Because of the decreased functional residual capacity in pregnancy, obstetric patients are more likely to become hypoxemic. This is important to consider in this patient population with facial injuries who might develop difficulty breathing sooner than nonpregnant patients. This makes supplemental oxygenation and preoxygenation before intubation even more important. Not only does facial trauma increase the risk of difficulty intubation, but it is also important to remember that airway patency can decrease because of edema during labor. Studies have shown a significant increase in Mallampati score with a decrease in oral volume and pharyngeal areas when comparing prelabor and postlabor airway examinations. Not only are obstetric patients at risk for difficult intubation, but aspiration is also a serious possible fatal complication of general anesthesia after the patient is extubated. The enlarged uterus causes an increase in intraabdominal pressure, causing an increased incidence of esophageal reflux. Progesterone levels are also increased, which affects smooth muscle, further delaying gastric emptying and relaxing the gastroesophageal sphincter. To help reduce the risk of aspiration, a clear antacid should be given before surgery. If a patient has additional risk factors such as a difficult airway, obesity, diabetes, or recent ingestion of food, one should consider giving H2 receptor blocking agents and metoclopramide.
Discussion
With every trauma patient, the initial evaluation should start with airway, breathing, and circulation. For female trauma patients, one should always consider the possibility of pregnancy. The approach to a pregnant trauma patient should be a multidisciplinary approach with initial stabilization of the mother being the priority.

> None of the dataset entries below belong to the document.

//! A pack read: its index, what its data sets are, and whether it is settled.
ghost use Rattle.std.specs.Prelude.{◌≡◌, ◌↔◌, ◌<◌, ℕ, List, length, IfErr, IfOk, IsErrOf, IsTrue, OnOk};
ghost use Rattle.hall_core.specs.Images.{image_in};
ghost use Rattle.pack_spec.specs.Settled.{IsSettled};
ghost use Rattle.stop_model.specs.Moments.{Same};
ghost use Rattle.vtoc_index.specs.Calls.{MountCall};
ghost use Rattle.vtoc_index.specs.Index.{IsMounted, IsOfUnit, IsReason};
ghost use Rattle.vtoc_index.specs.Names.{AreByName, name_at};
ghost use Rattle.mount_repair.specs.Scans.{IsScanOn, Scans};
ghost use Rattle.mount_repair.specs.Sets.{HasRoom, IsRoomed};
ghost use Rattle.mount_repair.specs.Settled.{is_settled};

use crate::scanned::Scan;
use crate::walk::walk_sets;
use free_rebuild::is_settled;
use hall_core::Hall;
use pack_spec::layout::MOST_EXTENTS;
use std::alloc::{AllocError, Global};
use vtoc_index::{MountErr, Vol, read_vtoc};

/// Reads the pack on a unit: its index, and each sequential and partitioned data set once, up to its last block.
/// The directories that are packed are kept, for those who go on with the pack.
///
/// It is scanned where the pack mounts, else the first rule of mounting that is broken is answered. It is settled where
/// format 4 has neither bit of an unfinished update, its counts are right, format 5 lists the free space, nothing in the
/// VTOC is unused, and each directory that can be read is packed. Nothing is written. All memory of a repair is taken
/// here. `Memory` and `Device` say nothing of the pack, and `Device` comes only where the count of device faults rose.
pub fn scan<H: Hall>(alloc: Global, hall: &mut H, unit: u8) -> Result<Scan, MountErr>
    requires { unit < length (H.facts hall.old).units }
    ensures image { let image = image_in (H.meaning hall.old) (H.facts hall.old) unit in
        IsTrue H.tells → Scans image result }
    ensures unit { IfOk result (IsScanOn (H.facts hall.old).units unit) }
    ensures same { IsTrue H.tells → Same (H.meaning hall.old) (H.meaning hall.new) }
    ensures faults { MountCall (H.facts hall.old) (H.facts hall.new) result }
    ensures file { ¬ IsErrOf result MountErr.NoFile }
{
    let mut vol = read_index(alloc, hall, unit)?;
    let walk = walk_sets(alloc, hall, &mut vol)?;
    let settled = is_settled(&vol) && walk.unpacked.is_empty();
    Ok(Scan {
        vol,
        volume: walk.volume,
        settled,
        libraries: walk.libraries,
        unpacked: walk.unpacked,
    })
}

/// The test `is_settled`, by which a check of a pack says whether it is settled, passes exactly where it is.
pub fn settled_law()
    ensures { (image : List ℕ) → IsTrue (is_settled image) ↔ IsSettled image }
{}

// The index of the pack on a unit, with room for free runs.
fn read_index<H: Hall>(alloc: Global, hall: &mut H, unit: u8) -> Result<Vol, MountErr>
    requires { unit < length (H.facts hall.old).units }
    ensures mounted { let image = image_in (H.meaning hall.old) (H.facts hall.old) unit in
        IsTrue H.tells → IfOk result (IsMounted image) }
    ensures refused { let image = image_in (H.meaning hall.old) (H.facts hall.old) unit in
        IsTrue H.tells → IfErr result (IsReason image) }
    ensures unit { IfOk result (λ vol. (vol.unit ≡ unit) × IsOfUnit (H.facts hall.old).units vol) }
    ensures names { IfOk result (λ vol. AreByName (name_at vol.slots.items) vol.by_name.items) }
    ensures room { IfOk result HasRoom }
    ensures same { IsTrue H.tells → Same (H.meaning hall.old) (H.meaning hall.new) }
    ensures faults { MountCall (H.facts hall.old) (H.facts hall.new) result }
    ensures file { ¬ IsErrOf result MountErr.NoFile }
{
    let mut vol = read_vtoc(alloc, hall, unit)?;
    reserve_runs(&mut vol)?;
    Ok(vol)
}

// Takes room for as many free runs as the pack can have, and for those that the extents of a removed
// data set make.
fn reserve_runs(vol: &mut Vol) -> Result<(), AllocError>
    ensures index { IsRoomed vol.old vol.new }
    ensures room { OnOk result (HasRoom vol.new) }
{
    let tracks = usize::from(vol.geometry.cylinders) * usize::from(vol.geometry.device.heads());
    vol.free.reserve(tracks / 2 + usize::from(MOST_EXTENTS) + 1)
}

When approaching a pregnant patient with oral and maxillofacial injuries, one should be aware of potential complications that are increased because of the current pregnancy. Pregnant patients have a decreased ability to maintain a patent airway for proper ventilation, which could lead to fetal distress. This may result in maternal hyperventilation and alkalosis, which can reduce uterine blood, further inducing fetal distress. The anatomic airway in pregnancy is more edematous and friable, which could lead to a difficult intubation. One should have a lower threshold for advanced airway management because of a difficult airway and lower maternal oxygen reserve. After it is decided to intubate the patient, it is important to properly position the mother in a left lateral tilt to help displace the uterus off the IVC so one can help maintain proper vascular preload. Anesthesia is many times induced with a rapid sequence intubation to help reduce aspiration. To further help decrease the risk of aspiration, one should maintain cricoid pressure during intubation. Even if intubation is not indicated, supplemental oxygen should be provided to the obstetric patient because of the reduction in oxygen reserve that can result in inadequate respiratory compensation causing maternal hypoxia. After airway and breathing are stabilized, proper circulation should be maintained with IV fluids. Lower extremity IV placement should be avoided because of vascular congestion and IVC compression by the uterus. Signs of hypovolemia such as tachycardia, hypotension, and abnormal FHC should be detected early to initiate timely resuscitation.